Discussion in 'Buying Tips and Advice' started by J B, Dec 2, 2008.

  1. J B macrumors member

    Nov 8, 2008
    Recently a VMware Fusion add caught my attention and when i looked into it, it seemed pretty interesting...i have a 2.4 aluminum MacBook coming soon, and I've been looking for some cool software to ask for Christmas... My Q: what are the benefits of this program? I know what is does, but is it worth the $60? (btw im not an intense gamer at all)
  2. jon08 macrumors 68000

    Nov 14, 2008
    also, how does it compare with the latest Parallels (4.0)?
  3. robanga macrumors 68000


    Aug 25, 2007
    I like it a lot to run various Windows Programs that I need on a regular basis. It allows me to live my work life in OS X but still have quick access to Outlook and the workplace's enterprise systems. Really it all depends on what you need from Windows.
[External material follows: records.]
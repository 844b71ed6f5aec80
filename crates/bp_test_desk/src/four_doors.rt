// Doors are served at once: each of four waits in its first read until all have begun to be read. Calls
// are made in turn: while one is kept the others wait, and each is woken.
ghost use Rattle.std.specs.Prelude.{◌≡◌, ◌≤◌, length, true, IfOk};
ghost use Rattle.bp_outside.specs.Door.{DoorView, Reads, Writes, after_accept, after_hang_up};

use crate::matters::begun;
use crate::slow_keeper::SlowKeeper;
use bp_desk::{MatterServed, serve_matter};
use bp_keep::MemKeeper;
use bp_outside::{Door, DoorRefusal};
use std::alloc::{AllocError, Global};
use std::process::Abort;
use std::sync::Wait;
use std::sync::atomic::{AtomicU64, Ordering};
use std::test::Fail;
use std::thread::Threads;
use std::time::Clock;

const DOORS: u32 = 4;

// How often a door looks whether all are being read.
const MOST_TURNS: u64 = 2_000_000_000;

// A door with one peer, who sends one request.
#[derive(Drop)]
struct MeetingDoor<'a> {
    request: &'static [u8],
    at: usize,
    came: bool,
    under_way: bool,
    closed: bool,
    faults: u64,
    accepts: u64,
    written: Vec<u8>,
    left: bool,
    // How many doors have begun to be read.
    reading: &'a AtomicU64,
}

impl<'a> MeetingDoor<'a> {
    fn over(alloc: Global, request: &'static [u8], reading: &'a AtomicU64) -> MeetingDoor<'a> {
        MeetingDoor {
            request,
            at: 0,
            came: false,
            under_way: false,
            closed: false,
            faults: 0,
            accepts: 0,
            written: Vec::new(alloc),
            left: false,
            reading,
        }
    }
}

// Counts one more, and waits until all are counted.
fn meets(reading: &AtomicU64) -> bool {
    reading.fetch_add(1, Ordering::SeqCst);
    for _ in 0..MOST_TURNS {
        if reading.load(Ordering::SeqCst) == u64::from(DOORS) {
            return true;
        }
    }
    false
}

impl<'a> Door for MeetingDoor<'a> {
    ghost use Rattle.std.proofs.lemmas.Bool.{false≢true};
    ghost use Rattle.bp_outside.specs.Untold.{untold_door};

    ghost shows = { λ door. record (untold_door door.under_way door.left door.faults door.accepts) {
      closed = door.closed;
    } };

    ghost unfailing = { λ door sure. absurd (false≢true sure) };

    fn accept(&mut self, _alloc: Global) -> Result<bool, DoorRefusal> {
        self.accepts = self.accepts.saturating_add(1);
        self.left = false;
        if self.came {
            self.closed = true;
            return Ok(false);
        }
        self.came = true;
        self.under_way = true;
        self.closed = false;
        Ok(true)
    }

    fn read(&mut self, _alloc: Global, room: &mut [u8]) -> Result<usize, DoorRefusal> {
        if self.at == 0 && !meets(self.reading) {
            self.faults = self.faults.saturating_add(1);
            return Err(DoorRefusal::Failed);
        }
        let from = self.at.min(self.request.len());
        let count = room.len().min(self.request.len() - from);
        room[..count].copy_from_slice(&self.request[from..from + count]);
        self.at = from + count;
        Ok(count)
    }

    fn write(&mut self, _alloc: Global, piece: &[u8]) -> Result<usize, DoorRefusal> {
        if self.written.extend_from_slice(piece).is_err() {
            return Err(DoorRefusal::OutOfMemory);
        }
        Ok(piece.len())
    }

    fn hang_up(&mut self) {
        self.under_way = false;
    }

    fn leave(&mut self) {
        self.left = true;
    }
}

// The lead adds a reviewer, whose key has the SHA-256 that is written by the last digit.
const FIRST: &[u8] =
    b"POST /staff HTTP/1.1\r\nDesk-Key: abc\r\nContent-Length: 108\r\n\r\n{\"name\":\"Bob\",\"role\":\"Reviewer\",\"digest\":\"0000000000000000000000000000000000000000000000000000000000000001\"}";

const SECOND: &[u8] =
    b"POST /staff HTTP/1.1\r\nDesk-Key: abc\r\nContent-Length: 108\r\n\r\n{\"name\":\"Eve\",\"role\":\"Reviewer\",\"digest\":\"0000000000000000000000000000000000000000000000000000000000000002\"}";

const THIRD: &[u8] =
    b"POST /staff HTTP/1.1\r\nDesk-Key: abc\r\nContent-Length: 108\r\n\r\n{\"name\":\"Ann\",\"role\":\"Reviewer\",\"digest\":\"0000000000000000000000000000000000000000000000000000000000000003\"}";

const FOURTH: &[u8] =
    b"POST /staff HTTP/1.1\r\nDesk-Key: abc\r\nContent-Length: 108\r\n\r\n{\"name\":\"Kim\",\"role\":\"Reviewer\",\"digest\":\"0000000000000000000000000000000000000000000000000000000000000004\"}";

fn is_well(text: &[u8]) -> bool {
    text.starts_with(b"HTTP/1.1 200 ")
}

// Doors at each of which the lead adds another reviewer.
fn doors_of<'a>(alloc: Global, reading: &'a AtomicU64) -> Result<Vec<MeetingDoor<'a>>, AllocError>
    ensures { IfOk result (λ doors. length doors.items ≡ 4) }
{
    let mut doors = Vec::new(alloc);
    doors.push(MeetingDoor::over(alloc, FIRST, reading))?;
    doors.push(MeetingDoor::over(alloc, SECOND, reading))?;
    doors.push(MeetingDoor::over(alloc, THIRD, reading))?;
    doors.push(MeetingDoor::over(alloc, FOURTH, reading))?;
    Ok(doors)
}

// Serves a peer at each door, each at a seat of its own. How many calls were made, and the doors.
fn serve_four<'a, R: Threads + Wait + Clock + Sync + Send + Drop>(
    rt: &R,
    alloc: Global,
    keeper: SlowKeeper<MemKeeper, R>,
    doors: Vec<MeetingDoor<'a>>,
) -> Result<(usize, Vec<MeetingDoor<'a>>), Fail>
    requires { length doors.items ≡ 4 }
{
    match serve_matter(rt, alloc, keeper, doors, DOORS, 1) {
        Ok(served) => Ok(left_by(served)),
        Err(_nobody) => Err(Fail::from("the desk did not start")),
    }
}

fn left_by<'a, R: Clock + Drop>(
    served: MatterServed<SlowKeeper<MemKeeper, R>, MeetingDoor<'a>>,
) -> (usize, Vec<MeetingDoor<'a>>) {
    let MatterServed { closed, doors } = served;
    (closed.history.len(), doors)
}

// Each of four doors was answered and left, and none failed.
fn look<R: Abort>(rt: &R, doors: &[MeetingDoor]) {
    assert_eq!(rt; doors.len(), 4);
    for door in doors {
        assert!(rt; is_well(door.written.as_slice()));
        assert_eq!(rt; door.faults, 0);
        assert!(rt; door.left);
    }
}

#[test]
fn four_doors(rt: HostRuntime) -> Result<(), Fail> {
    let alloc = rt.alloc();
    let reading = AtomicU64::new(0);
    let keeper = SlowKeeper {
        keeper: begun(alloc)?,
        rt,
    };
    let (calls, doors) = serve_four(&rt, alloc, keeper, doors_of(alloc, &reading)?)?;
    assert_eq!(rt; calls, 4);
    look(&rt, doors.as_slice());
    Ok(())
}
    I run VM as a virtualization layer that runs off my bootcamp partition. Its overall pretty speedy on a 2.0 Alum MacBook., when I need the fastest Windows experience I boot off the bootcamp, otherwise I stay within the VM window.
  4. techound1 macrumors 68000


    Mar 3, 2006
    Amazon has it for $39 and change right now...
  5. J B thread starter macrumors member

    Nov 8, 2008
    thanks, but i would be buying it definately after i get my MacBook, and probably after (or on) Christmas
  6. J B thread starter macrumors member

    Nov 8, 2008
    ooh ya, i just looked at that and it seemed even better than fusion... worth the extra $20
    and I assume VM Fusion can run Leopard and Vista/XP at the same time like fusion can?
  7. bigjnyc macrumors 603


    Apr 10, 2008
    the advantage is that you dont have restart your computer to jump into windows. If you dont mind restarting every time then just use the bootcamp program that comes with your computer already. If you want to be able to jump into windows as easily as launching an application then get VM Ware. I think thats basically what it comes down to.
  8. Tomorrow macrumors 604


    Mar 2, 2008
    Always a day away
    There is a little more to it than that.
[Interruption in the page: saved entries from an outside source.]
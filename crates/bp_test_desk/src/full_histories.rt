// A history with as many calls as there is room for.
ghost use Rattle.std.specs.Prelude.{◌≡◌};
ghost use Rattle.bp_desk.specs.Seats.{IsSeatOf, SameSeat};

use crate::calls::see_doc;
use crate::matters::called;
use crate::replies::make;
use crate::stage::{close_pair, start_pair};
use bp_book::DeskRefusal;
use bp_core::{Bytes, NumberList};
use bp_desk::{Desk, Seat, serve_door};
use bp_keep::MemKeeper;
use bp_outside::{BytesList, MemDoor};
use std::alloc::{AllocError, Global};
use std::process::Abort;
use std::sync::Wait;
use std::test::Fail;

// Two calls are made, and the third is refused.
fn fill<R: Wait + Abort>(
    desk: &Desk<MemKeeper>,
    rt: &R,
    alloc: Global,
    seat: &mut Seat<MemKeeper>,
) -> Result<(), Fail>
    requires { IsSeatOf desk.now seat.old }
    ensures { SameSeat seat.old seat.new }
{
    make(desk, rt, alloc, seat, see_doc())?;
    make(desk, rt, alloc, seat, see_doc())?;
    let third = make(desk, rt, alloc, seat, see_doc()).err();
    assert_eq!(rt; third, Some(DeskRefusal::JournalFull { count: 2 }));
    Ok(())
}

#[test]
fn a_history_with_room_for_two_calls_takes_no_third(rt: HostRuntime) -> Result<(), Fail> {
    let alloc = rt.alloc();
    let mut pair = start_pair(alloc, called(alloc)?, 2)?;
    let told = fill(&pair.desk, &rt, alloc, &mut pair.one);
    let calls = close_pair(alloc, pair);
    told?;
    assert_eq!(rt; calls, Some(2));
    Ok(())
}

// Three peers, each of whom asks for the document.
fn three_peers(alloc: Global) -> Result<MemDoor, AllocError> {
    let mut inputs = Vec::new(alloc);
    for _ in 0..3 {
        inputs.push(Bytes::from_vec(ASKS.to_vec(alloc)?))?;
    }
    Ok(MemDoor::over(BytesList::from_vec(inputs), NumberList::new(alloc)))
}

const ASKS: &[u8] = b"GET /docs/1 HTTP/1.1\r\nDesk-Key: abc\r\n\r\n";

// RFC 6585, section 4
const TOO_MANY: &[u8] = b"HTTP/1.1 429 Too Many Requests\r\n";

const TWO: &[u8] = b"\r\n\r\n{\"a\":2,\"b\":0,\"line\":0,\"name\":\"JournalFull\",\"rule\":106}";

// The first two of three peers are answered, and the third is told how many calls there are.
fn look<R: Abort>(rt: &R, door: &MemDoor) {
    let exchanges = door.exchanges();
    assert_eq!(rt; exchanges.len(), 3);
    for exchange in &exchanges[..2] {
        assert!(rt; exchange.written.as_slice().starts_with(b"HTTP/1.1 200 "));
    }
    let third = exchanges[2].written.as_slice();
    assert!(rt; third.starts_with(TOO_MANY));
    assert!(rt; third.ends_with(TWO));
}

fn serve_three<R: Wait>(rt: &R, alloc: Global, door: &mut MemDoor) -> Result<Option<usize>, Fail> {
    let mut pair = start_pair(alloc, called(alloc)?, 2)?;
    serve_door(&pair.desk, rt, alloc, &mut pair.one, door, 3);
    Ok(close_pair(alloc, pair))
}

#[test]
fn a_door_tells_the_third_that_the_history_is_full(rt: HostRuntime) -> Result<(), Fail> {
    let alloc = rt.alloc();
    let mut door = three_peers(alloc)?;
    let calls = serve_three(&rt, alloc, &mut door)?;
    assert_eq!(rt; calls, Some(2));
    look(&rt, &door);
    Ok(())
}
    When you're running your Windows installation as a virtual machine, you're doing so within OS X, so both OS's are essentially running at the same time. You can also share files between the two - if you're using a VM to run a Windows program (someone in the thread mentioned Outlook; I'll use that as an example), you can then move files back and forth between the two OS's. In this example, you can receive an email with an attachment in Outlook running under Windows, then save and open the attachment in OS X.
  9. SnowLeopard2008 macrumors 604


    Jul 4, 2008
    Silicon Valley
    Fusion let's you emulate over 60 OSes right on top of your Mac. You can run multiple VMs (each emulated OS is called a VM) at the same time. Parallels Desktop 4 also does this, and imho, albeit in a much smoother style.
  10. rogersmj macrumors 68020


    Sep 10, 2006
    Indianapolis, IN
    I have both Parallels and VMWare Fusion, and I prefer Fusion. Both work fine, but I have fewer problems with VMWare. Its Unity mode is superior to Parallels' Coherence, and not once has VMWare's networking crapped out on me -- I've had to reinstall Parallels at least once a month because it just stops passing the network connection through to Windows.
  11. drichards macrumors 6502a


    Nov 30, 2008
    I've had a direct opposite experience from mrogers, and found parallels significantly more reliable and less resource intensive (especially in new version 4) than vmware. My vmware bit the dust twice, and Parallels has always been strong. I run Parallels nearly constantly for GM's software and some other things.

    Depending on what you want to do, you may want to look into Crossover and Crossover Games. I also run these; crossover is a Wine based project, but offers a much easier interface than standard darwine installations and comes with great support. It won't run all windows software, but its great for games that don't rely on directx and most office software... though Office 2008 should be sufficient for most people.